**Instructions for the task**
Output range, inclusive: from the line containing "let off = printed.abs_diff(calculated);" to the line containing "for k in 0..part.len()". Restate those lines from the data below word for word and only those.

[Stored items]
[Start of Attachment]

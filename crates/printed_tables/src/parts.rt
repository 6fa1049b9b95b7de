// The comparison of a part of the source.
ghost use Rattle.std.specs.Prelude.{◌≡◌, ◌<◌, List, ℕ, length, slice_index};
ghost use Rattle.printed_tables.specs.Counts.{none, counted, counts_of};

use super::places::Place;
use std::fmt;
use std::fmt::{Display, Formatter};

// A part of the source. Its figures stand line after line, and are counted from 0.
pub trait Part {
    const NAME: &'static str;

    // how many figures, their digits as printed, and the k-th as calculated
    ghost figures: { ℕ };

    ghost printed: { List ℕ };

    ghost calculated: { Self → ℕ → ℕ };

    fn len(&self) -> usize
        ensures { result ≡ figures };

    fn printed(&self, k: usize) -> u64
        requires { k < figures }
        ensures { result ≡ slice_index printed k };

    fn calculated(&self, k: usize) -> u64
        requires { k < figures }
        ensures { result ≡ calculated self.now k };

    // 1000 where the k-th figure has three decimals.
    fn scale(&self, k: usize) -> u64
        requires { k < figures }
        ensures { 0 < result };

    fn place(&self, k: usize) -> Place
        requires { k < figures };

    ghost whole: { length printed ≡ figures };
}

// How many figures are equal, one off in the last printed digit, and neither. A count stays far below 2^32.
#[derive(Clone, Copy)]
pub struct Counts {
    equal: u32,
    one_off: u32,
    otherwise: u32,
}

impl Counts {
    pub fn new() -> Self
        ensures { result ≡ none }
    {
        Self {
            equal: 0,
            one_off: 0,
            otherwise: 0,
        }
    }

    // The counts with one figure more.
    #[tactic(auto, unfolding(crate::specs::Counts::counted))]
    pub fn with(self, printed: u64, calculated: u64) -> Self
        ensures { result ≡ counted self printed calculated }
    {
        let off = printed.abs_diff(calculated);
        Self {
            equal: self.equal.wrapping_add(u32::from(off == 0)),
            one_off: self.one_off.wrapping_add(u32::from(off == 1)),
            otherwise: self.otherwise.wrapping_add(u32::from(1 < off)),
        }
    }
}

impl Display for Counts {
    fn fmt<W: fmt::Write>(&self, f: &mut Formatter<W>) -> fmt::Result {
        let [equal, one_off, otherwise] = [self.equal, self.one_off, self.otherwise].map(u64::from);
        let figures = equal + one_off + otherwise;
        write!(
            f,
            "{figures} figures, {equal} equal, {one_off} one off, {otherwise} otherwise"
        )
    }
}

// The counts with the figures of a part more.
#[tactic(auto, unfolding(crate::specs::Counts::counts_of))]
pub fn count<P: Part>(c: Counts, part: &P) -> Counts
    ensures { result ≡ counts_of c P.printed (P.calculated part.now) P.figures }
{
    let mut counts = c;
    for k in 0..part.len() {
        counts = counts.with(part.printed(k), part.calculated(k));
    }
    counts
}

[End of Attachment]
[Start of Attachment]

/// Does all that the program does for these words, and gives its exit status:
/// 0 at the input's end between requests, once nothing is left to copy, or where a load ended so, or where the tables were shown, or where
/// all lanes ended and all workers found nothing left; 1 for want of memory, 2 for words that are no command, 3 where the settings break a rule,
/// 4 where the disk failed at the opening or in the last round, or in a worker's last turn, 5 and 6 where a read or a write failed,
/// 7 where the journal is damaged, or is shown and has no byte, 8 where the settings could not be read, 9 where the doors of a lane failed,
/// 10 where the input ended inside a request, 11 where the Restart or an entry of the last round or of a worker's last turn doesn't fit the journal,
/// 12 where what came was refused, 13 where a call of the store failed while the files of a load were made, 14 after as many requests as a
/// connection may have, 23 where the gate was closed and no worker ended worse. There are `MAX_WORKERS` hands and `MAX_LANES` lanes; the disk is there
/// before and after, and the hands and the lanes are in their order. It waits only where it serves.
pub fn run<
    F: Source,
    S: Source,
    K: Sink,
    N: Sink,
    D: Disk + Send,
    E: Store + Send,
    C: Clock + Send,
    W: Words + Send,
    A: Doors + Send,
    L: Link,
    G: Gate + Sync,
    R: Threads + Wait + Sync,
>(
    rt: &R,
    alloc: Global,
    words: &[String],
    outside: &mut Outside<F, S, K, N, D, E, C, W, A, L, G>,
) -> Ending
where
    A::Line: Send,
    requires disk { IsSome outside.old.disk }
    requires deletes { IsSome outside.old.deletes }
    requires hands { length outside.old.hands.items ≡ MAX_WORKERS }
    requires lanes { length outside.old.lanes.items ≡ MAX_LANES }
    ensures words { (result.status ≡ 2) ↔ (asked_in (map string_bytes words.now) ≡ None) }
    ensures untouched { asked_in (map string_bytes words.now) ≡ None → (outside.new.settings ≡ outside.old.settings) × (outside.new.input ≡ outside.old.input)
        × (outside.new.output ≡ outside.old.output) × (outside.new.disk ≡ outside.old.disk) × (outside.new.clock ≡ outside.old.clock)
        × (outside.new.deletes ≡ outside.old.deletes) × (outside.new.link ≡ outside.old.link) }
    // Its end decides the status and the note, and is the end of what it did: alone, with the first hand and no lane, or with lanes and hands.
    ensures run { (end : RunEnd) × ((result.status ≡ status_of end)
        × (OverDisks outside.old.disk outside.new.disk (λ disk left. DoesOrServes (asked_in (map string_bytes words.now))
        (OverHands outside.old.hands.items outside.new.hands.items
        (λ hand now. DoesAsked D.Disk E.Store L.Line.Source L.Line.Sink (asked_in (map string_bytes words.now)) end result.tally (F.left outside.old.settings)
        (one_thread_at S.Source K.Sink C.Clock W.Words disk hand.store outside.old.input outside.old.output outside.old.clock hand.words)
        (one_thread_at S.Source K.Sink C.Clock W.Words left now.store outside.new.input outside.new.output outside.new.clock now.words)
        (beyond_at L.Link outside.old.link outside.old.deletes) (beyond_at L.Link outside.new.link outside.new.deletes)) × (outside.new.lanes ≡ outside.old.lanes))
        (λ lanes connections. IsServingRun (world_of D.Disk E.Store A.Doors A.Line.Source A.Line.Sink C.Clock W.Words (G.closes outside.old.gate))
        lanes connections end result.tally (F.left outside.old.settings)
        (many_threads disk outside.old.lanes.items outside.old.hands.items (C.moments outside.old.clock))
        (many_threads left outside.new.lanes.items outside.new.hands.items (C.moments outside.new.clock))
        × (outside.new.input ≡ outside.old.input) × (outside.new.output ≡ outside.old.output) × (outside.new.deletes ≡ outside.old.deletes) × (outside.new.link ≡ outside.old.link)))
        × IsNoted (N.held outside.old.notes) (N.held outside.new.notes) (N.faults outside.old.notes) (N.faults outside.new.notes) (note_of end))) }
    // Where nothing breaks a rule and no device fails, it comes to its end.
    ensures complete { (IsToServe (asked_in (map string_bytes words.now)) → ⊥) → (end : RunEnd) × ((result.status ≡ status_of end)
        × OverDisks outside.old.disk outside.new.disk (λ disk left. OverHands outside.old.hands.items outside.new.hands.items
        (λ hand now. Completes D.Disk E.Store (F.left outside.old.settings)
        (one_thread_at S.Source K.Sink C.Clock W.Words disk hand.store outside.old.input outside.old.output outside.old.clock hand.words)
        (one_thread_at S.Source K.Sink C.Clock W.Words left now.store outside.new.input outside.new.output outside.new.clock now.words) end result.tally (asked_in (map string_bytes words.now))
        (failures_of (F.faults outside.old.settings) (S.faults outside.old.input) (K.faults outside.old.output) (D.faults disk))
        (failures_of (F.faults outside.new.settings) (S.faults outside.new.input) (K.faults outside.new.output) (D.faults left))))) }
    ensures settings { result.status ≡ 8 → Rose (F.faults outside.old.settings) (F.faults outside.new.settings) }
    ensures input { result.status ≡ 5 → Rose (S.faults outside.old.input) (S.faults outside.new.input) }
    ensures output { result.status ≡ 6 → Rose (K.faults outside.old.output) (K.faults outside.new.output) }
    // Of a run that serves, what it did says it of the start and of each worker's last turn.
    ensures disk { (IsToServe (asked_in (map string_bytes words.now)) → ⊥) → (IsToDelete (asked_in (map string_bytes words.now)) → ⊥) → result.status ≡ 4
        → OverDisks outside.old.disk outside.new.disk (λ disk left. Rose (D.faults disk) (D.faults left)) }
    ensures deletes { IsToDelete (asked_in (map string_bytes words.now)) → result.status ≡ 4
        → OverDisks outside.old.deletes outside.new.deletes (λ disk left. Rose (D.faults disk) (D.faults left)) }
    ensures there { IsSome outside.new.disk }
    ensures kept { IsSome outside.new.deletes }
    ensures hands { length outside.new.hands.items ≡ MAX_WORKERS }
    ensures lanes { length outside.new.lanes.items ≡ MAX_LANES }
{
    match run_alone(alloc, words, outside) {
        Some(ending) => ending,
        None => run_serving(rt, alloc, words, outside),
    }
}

[End of Attachment]

**Task result**
        let off = printed.abs_diff(calculated);
        Self {
            equal: self.equal.wrapping_add(u32::from(off == 0)),
            one_off: self.one_off.wrapping_add(u32::from(off == 1)),
            otherwise: self.otherwise.wrapping_add(u32::from(1 < off)),
        }
    }
}

impl Display for Counts {
    fn fmt<W: fmt::Write>(&self, f: &mut Formatter<W>) -> fmt::Result {
        let [equal, one_off, otherwise] = [self.equal, self.one_off, self.otherwise].map(u64::from);
        let figures = equal + one_off + otherwise;
        write!(
            f,
            "{figures} figures, {equal} equal, {one_off} one off, {otherwise} otherwise"
        )
    }
}

// The counts with the figures of a part more.
#[tactic(auto, unfolding(crate::specs::Counts::counts_of))]
pub fn count<P: Part>(c: Counts, part: &P) -> Counts
    ensures { result ≡ counts_of c P.printed (P.calculated part.now) P.figures }
{
    let mut counts = c;
    for k in 0..part.len() {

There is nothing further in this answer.